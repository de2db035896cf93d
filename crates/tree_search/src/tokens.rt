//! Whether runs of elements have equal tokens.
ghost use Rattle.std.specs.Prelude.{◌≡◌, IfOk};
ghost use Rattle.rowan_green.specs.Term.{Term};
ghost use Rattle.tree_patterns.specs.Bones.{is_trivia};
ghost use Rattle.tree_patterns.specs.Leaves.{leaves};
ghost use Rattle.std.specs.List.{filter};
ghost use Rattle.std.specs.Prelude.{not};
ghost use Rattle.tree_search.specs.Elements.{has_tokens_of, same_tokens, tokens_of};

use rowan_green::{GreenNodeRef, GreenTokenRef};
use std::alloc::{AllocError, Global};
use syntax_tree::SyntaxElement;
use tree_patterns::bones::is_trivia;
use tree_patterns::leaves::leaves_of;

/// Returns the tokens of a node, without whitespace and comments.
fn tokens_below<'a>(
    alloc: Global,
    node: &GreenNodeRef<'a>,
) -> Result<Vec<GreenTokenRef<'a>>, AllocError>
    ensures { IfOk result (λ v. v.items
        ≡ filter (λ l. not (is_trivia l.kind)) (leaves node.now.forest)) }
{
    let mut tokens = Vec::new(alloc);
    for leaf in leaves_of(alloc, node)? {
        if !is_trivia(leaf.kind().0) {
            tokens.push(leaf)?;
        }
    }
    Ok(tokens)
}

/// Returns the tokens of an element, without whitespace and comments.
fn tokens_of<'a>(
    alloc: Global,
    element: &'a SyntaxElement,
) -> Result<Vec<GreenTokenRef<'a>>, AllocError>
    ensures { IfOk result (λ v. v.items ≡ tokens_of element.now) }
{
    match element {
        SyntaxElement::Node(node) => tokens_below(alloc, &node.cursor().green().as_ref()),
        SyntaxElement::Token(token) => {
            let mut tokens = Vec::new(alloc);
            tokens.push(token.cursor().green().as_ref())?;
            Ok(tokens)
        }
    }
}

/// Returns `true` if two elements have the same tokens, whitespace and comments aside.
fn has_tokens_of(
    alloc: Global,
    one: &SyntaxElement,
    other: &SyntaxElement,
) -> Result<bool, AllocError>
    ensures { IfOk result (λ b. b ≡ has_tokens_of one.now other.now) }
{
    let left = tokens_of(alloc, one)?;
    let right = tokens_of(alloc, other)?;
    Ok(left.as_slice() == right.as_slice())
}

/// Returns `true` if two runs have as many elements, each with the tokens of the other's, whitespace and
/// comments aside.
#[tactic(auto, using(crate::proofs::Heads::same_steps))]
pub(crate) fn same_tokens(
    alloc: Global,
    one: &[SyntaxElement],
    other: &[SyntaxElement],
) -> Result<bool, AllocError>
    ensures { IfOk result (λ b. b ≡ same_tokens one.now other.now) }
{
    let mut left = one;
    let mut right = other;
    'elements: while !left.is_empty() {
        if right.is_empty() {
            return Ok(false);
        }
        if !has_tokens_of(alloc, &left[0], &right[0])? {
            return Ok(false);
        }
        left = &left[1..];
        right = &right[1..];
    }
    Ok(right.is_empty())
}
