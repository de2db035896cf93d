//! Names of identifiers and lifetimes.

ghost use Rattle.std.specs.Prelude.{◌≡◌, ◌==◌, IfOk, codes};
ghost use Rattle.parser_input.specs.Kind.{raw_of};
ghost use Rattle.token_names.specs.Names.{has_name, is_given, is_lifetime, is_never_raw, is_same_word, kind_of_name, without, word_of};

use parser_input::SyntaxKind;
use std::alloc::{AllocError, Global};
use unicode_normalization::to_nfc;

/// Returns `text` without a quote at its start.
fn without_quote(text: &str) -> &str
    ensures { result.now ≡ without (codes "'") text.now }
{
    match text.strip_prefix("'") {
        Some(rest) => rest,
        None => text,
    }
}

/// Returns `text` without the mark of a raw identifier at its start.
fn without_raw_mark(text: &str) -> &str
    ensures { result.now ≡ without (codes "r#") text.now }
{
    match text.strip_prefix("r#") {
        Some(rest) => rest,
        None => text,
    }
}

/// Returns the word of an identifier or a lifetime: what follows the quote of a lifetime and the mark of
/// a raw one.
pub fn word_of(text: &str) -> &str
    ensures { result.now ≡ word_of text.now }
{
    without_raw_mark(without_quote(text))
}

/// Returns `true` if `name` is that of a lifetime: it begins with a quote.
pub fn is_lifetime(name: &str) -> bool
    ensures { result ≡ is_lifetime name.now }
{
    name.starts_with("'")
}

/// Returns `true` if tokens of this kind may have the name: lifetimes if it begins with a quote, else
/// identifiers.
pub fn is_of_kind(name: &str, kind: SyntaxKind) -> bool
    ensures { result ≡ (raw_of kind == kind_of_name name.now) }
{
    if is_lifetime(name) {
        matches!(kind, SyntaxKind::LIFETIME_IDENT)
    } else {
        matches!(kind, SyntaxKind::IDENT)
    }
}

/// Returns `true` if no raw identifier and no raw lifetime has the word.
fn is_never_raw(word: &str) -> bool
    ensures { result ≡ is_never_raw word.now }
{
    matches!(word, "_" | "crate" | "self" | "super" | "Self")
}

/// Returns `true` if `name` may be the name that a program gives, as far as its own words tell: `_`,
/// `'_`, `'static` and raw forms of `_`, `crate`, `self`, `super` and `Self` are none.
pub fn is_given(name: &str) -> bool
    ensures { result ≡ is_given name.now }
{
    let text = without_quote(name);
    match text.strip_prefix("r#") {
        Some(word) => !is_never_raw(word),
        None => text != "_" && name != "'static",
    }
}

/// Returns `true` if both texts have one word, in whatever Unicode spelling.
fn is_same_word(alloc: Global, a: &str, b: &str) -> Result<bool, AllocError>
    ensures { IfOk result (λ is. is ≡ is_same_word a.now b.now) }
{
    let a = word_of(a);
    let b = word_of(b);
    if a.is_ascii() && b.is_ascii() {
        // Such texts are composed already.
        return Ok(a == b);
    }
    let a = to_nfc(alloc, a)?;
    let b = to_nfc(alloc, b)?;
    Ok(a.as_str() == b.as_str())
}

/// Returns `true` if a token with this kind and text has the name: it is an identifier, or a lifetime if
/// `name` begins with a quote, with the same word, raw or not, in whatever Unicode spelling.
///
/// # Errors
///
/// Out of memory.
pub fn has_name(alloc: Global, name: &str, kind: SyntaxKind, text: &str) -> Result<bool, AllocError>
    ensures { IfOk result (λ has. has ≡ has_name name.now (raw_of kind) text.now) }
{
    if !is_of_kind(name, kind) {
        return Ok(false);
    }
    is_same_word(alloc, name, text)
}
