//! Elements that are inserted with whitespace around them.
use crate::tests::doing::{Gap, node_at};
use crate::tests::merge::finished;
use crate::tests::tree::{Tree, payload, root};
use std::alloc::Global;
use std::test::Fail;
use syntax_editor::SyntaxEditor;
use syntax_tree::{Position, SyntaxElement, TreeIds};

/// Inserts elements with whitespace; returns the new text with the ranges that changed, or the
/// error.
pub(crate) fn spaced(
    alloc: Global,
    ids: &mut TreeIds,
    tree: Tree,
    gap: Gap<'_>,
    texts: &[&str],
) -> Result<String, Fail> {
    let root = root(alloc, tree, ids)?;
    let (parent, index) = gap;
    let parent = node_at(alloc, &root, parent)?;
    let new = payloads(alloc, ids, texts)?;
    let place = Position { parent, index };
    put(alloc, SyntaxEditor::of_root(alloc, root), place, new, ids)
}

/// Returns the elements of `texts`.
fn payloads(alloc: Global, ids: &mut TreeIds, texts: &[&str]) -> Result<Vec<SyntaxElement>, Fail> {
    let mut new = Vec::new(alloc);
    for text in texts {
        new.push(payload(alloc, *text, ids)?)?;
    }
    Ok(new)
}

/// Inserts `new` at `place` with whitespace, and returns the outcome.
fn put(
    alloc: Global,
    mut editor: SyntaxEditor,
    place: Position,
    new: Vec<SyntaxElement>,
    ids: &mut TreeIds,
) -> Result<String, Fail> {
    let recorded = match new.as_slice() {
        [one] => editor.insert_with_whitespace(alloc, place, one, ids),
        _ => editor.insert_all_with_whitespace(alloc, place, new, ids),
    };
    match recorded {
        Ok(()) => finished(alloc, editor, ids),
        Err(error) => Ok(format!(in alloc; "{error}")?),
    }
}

──────────

- [WHAT YOU SHOULD DO] Once the line containing "let mut new = Vec::new(alloc);" is found, print it and every line after it through the end of the listing, exactly and alone.

- [RESULT FOR THIS TASK]
    let mut new = Vec::new(alloc);
    for text in texts {
        new.push(payload(alloc, *text, ids)?)?;
    }
    Ok(new)
}

/// Inserts `new` at `place` with whitespace, and returns the outcome.
fn put(
    alloc: Global,
    mut editor: SyntaxEditor,
    place: Position,
    new: Vec<SyntaxElement>,
    ids: &mut TreeIds,
) -> Result<String, Fail> {
    let recorded = match new.as_slice() {
        [one] => editor.insert_with_whitespace(alloc, place, one, ids),
        _ => editor.insert_all_with_whitespace(alloc, place, new, ids),
    };
    match recorded {
        Ok(()) => finished(alloc, editor, ids),
        Err(error) => Ok(format!(in alloc; "{error}")?),
    }
}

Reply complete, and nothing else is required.